Result on the first clean run: 301 cycles, dmem[0] == 55, PASS.
Two surprises
The first version of fib.c was three lines:
static volatile unsigned int * const DMEM = (unsigned int *)0x00000000;
int main(void) { DMEM[0] = fib(10); return 0; }
gcc compiled main to two instructions:
sw zero, 0(zero)
ebreak
That’s: write 0 (not 55) to address 0, then trap. Both wrong.
The “write 0” part is gcc treating *(int*)NULL = X as undefined
behaviour and silently replacing the value being stored with
zero. The ebreak is gcc treating the entire null-pointer write
as UB and emitting __builtin_trap() as the body of the
function.

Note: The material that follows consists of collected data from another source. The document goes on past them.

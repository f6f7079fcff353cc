//! What a call comes to, as C gets it.

/// An answer.
pub(crate) const OK: u32 = 0;
/// Nothing of the kind stands there.
pub(crate) const NOTHING: u32 = 1;
/// The text is not UTF-8.
pub(crate) const NOT_UTF8: u32 = 2;
/// The offset is past the end of the bytes.
pub(crate) const PAST_END: u32 = 3;
/// The table of what is left out is none of the text.
pub(crate) const BAD_SKIPS: u32 = 4;
/// A number is so large that others can't be added to it.
pub(crate) const TOO_LARGE: u32 = 5;
/// The bytes are empty.
pub(crate) const EMPTY: u32 = 6;
/// The buffer is too short.
pub(crate) const TOO_SHORT: u32 = 7;
/// Memory was refused.
pub(crate) const NO_MEMORY: u32 = 8;
/// No opener of inline HTML ends at the offset.
pub(crate) const NO_OPENER: u32 = 9;
/// The offset is not above the one before it.
pub(crate) const NOT_RISING: u32 = 10;
/// The offset is inside what was found before it.
pub(crate) const INSIDE_FIND: u32 = 11;
/// Columns of a tab are pending, and the call is not one that takes space.
pub(crate) const SPACE_PENDING: u32 = 12;
/// A call of no known kind.
pub(crate) const BAD_KIND: u32 = 13;
/// The numbers are those of no line start on these bytes.
pub(crate) const BAD_STATE: u32 = 14;

/// In place of a length or an offset, where nothing is found.
pub(crate) const NONE: usize = usize::MAX;
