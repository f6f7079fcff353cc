//! The lists of a page. (CommonMark 0.31.2, section 5.3)
ghost use Rattle.std.specs.Prelude.{◌≡◌, ◌⊎◌, map, IfOk};
ghost use Rattle.markdown_scanners_c.specs.Buffer.{IsWritten};
ghost use Rattle.markdown_scanners_c.specs.PageLists.{AreListsReturned, list_returned};
ghost use Rattle.markdown_scanners_c.specs.Status.{no_memory};

use crate::extensions::{are_extensions, extensions_of};
use crate::pages::{BlockCount, none_counted, write_front};
use crate::status::{BAD_KIND, NO_MEMORY};
use markdown_blocks::lists::{ListBlock, lists_of_page_ext};
use std::alloc::{AllocError, Global};

/// `struct mds_list` of C: a list of a page.
#[repr(C)]
#[derive(Clone, Copy)]
pub struct PageList {
    pub delimiter: u8,
    pub is_loose: bool,
    pub start: u32,
    pub depth: usize,
    pub line: usize,
    pub end: usize,
}

/// Writes the lists of a page, each where it ends.
#[unsafe(no_mangle)]
pub extern "C" fn mds_scan_lists(
    alloc: Global,
    page: &[u8],
    extensions: u32,
    lists: &mut [PageList],
) -> BlockCount
    ensures lists { AreListsReturned page.now extensions lists.old lists.new result }
{
    if !are_extensions(extensions) {
        return none_counted(BAD_KIND);
    }
    match lists_of_page_ext(alloc, page, extensions_of(extensions)) {
        Ok(found) => write_lists(alloc, &found, lists),
        Err(_) => none_counted(NO_MEMORY),
    }
}

// Writes the lists.
fn write_lists(alloc: Global, found: &[ListBlock], lists: &mut [PageList]) -> BlockCount
    ensures { ((result.status ≡ no_memory) × (result.count ≡ 0) × (lists.new ≡ lists.old))
        ⊎ IsWritten (map list_returned found.now) lists.old lists.new result.status result.count }
{
    match lists_returned(alloc, found) {
        Ok(returned) => write_front(&returned, lists),
        Err(_) => none_counted(NO_MEMORY),
    }
}

// The lists, as C has them.
fn lists_returned(alloc: Global, found: &[ListBlock]) -> Result<Vec<PageList>, AllocError>
    ensures { IfOk result (λ returned. returned.items ≡ map list_returned found.now) }
{
    found.iter().map(|list| list_returned(list)).collect(alloc)
}

// A list as C has it.
fn list_returned(list: &ListBlock) -> PageList
    ensures { result ≡ list_returned list.now }
{
    PageList {
        delimiter: list.delimiter,
        is_loose: list.is_loose,
        start: list.start,
        depth: list.depth,
        line: list.line,
        end: list.end,
    }
}
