//! Delimiter rows of tables.
ghost use Rattle.std.specs.Prelude.{ℕ, ◌≡◌, ◌≢◌, ◌≤◌, List, length, map, IfOk, IfSome, IfNone, OnErr};
ghost use Rattle.markdown_values.specs.declared.values.Alignment.{Alignment as Aligned};
ghost use Rattle.markdown_values.specs.values.Alignments.{alignment_number};
ghost use Rattle.markdown_scanners_tree.specs.scanners.tables.DelimiterRow.{IsDelimiterRow, NoDelimiterRow};
ghost use Rattle.markdown_scanners_c.specs.Status.{no_memory};
ghost use Rattle.markdown_scanners_c.specs.Tables.{AsksMemory, IsTableHead};

use crate::status::{NO_MEMORY, NOTHING};
use crate::texts::{Text, no_text, write_text};
use markdown_scanners_tree::scanners::scan_table_head;
use std::alloc::{AllocError, Global};

/// Writes the alignments of the delimiter row at the front. (GitHub Flavored Markdown 0.29, section
/// 4.10)
#[tactic(auto, unfolding(crate::specs::Tables::IsTableHead))]
#[unsafe(no_mangle)]
pub extern "C" fn mds_scan_table_head(alloc: Global, bytes: &[u8], alignments: &mut [u8]) -> Text
    ensures row { IsTableHead bytes.now alignments.old alignments.new result }
    ensures only { result.status ≢ no_memory → (other : ℕ × List Aligned)
        → IsDelimiterRow bytes.now other.0 other.1
        → (other.0 ≡ result.taken) × (length other.1 ≡ result.length) }
    ensures within { result.taken ≤ length bytes.now }
    ensures room { result.length ≤ length bytes.now }
{
    match numbered_columns(alloc, bytes) {
        Ok(Some((length, columns))) => write_text(&columns, length, alignments),
        Ok(None) => no_text(NOTHING),
        Err(_) => no_text(NO_MEMORY),
    }
}

// The length of a delimiter row, and the numbers of its alignments.
fn numbered_columns(alloc: Global, bytes: &[u8]) -> Result<Option<(usize, Vec<u8>)>, AllocError>
    ensures found { IfOk result (λ found. IfSome found (λ r. (columns : List Aligned)
        × IsDelimiterRow bytes.now r.0 columns × (r.1.items ≡ map alignment_number columns))) }
    ensures none { IfOk result (λ found. IfNone found (NoDelimiterRow bytes.now)) }
    ensures within { IfOk result (λ found. IfSome found (λ r. r.0 ≤ length bytes.now)) }
    ensures asked { OnErr result (AsksMemory bytes.now) }
{
    let (length, columns) = scan_table_head(alloc, bytes)?;
    if length == 0 {
        return Ok(None);
    }
    let numbers: Vec<u8> = columns.iter().map(|column| column.number()).collect(alloc)?;
    Ok(Some((length, numbers)))
}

Both come from -fdelete-null-pointer-checks, which
is on by default. We add -fno-delete-null-pointer-checks and
gcc emits a real fib loop that stores 55 to dmem[0].
This is one of those default optimizations that’s right for hosted programs (where 0 is genuinely null) and wrong for bare-metal programs (where 0 is a real, valid memory address — in P09’s case, the first slot of the data RAM). Worth knowing about.
The second surprise was milder: gcc -Os removed fib() entirely
on the first -fno-delete-null-pointer-checks build because the
input was a compile-time constant. fib(10) collapsed to 55
and the loop disappeared. That’s actually fine — the chip still
ran the (extremely short) compiled program correctly. But for the
demo I wanted gcc to emit a real loop, so I made fib’s argument
come from a volatile variable so the optimizer can’t fold it.
Final assembly for main:
main:
li a4, 10 ; n
li a3, 1 ; b
li a5, 0 ; a
loop:
mv a2, a3 ; t = b
addi a4, a4, -1 ; n--
add a3, a3, a5 ; b = b + a
mv a5, a2 ; a = t
bne a4, x0, loop
sw a2, 0(x0) ; dmem[0] = result
li a0, 0 ; return 0
ret ; jalr x0, 0(ra) -> falls through to halt
Eleven instructions of fib loop + four-instruction boot stub = fifteen instructions total, fitting comfortably in P09’s 256-slot ROM.
What this unlocks
We can now write real C programs and run them on the chip. Not “this assembly looks like what gcc would emit” — actual gcc. That’s the moment a CPU stops being a curiosity and starts being useful. The next demos can be things like:
- a CRC8 routine (loop + bitwise ops),
- a simple state machine driving a fictional UART output,
- a small interpreter for an even simpler instruction set (a CPU running a CPU).
All within the 1 KB ROM ceiling, which is genuinely tight but forces the kind of attention to code size that real embedded work requires.
P09 is now hardened-and-toolchainable. The natural next step is TT-style packaging — but that’s its own project.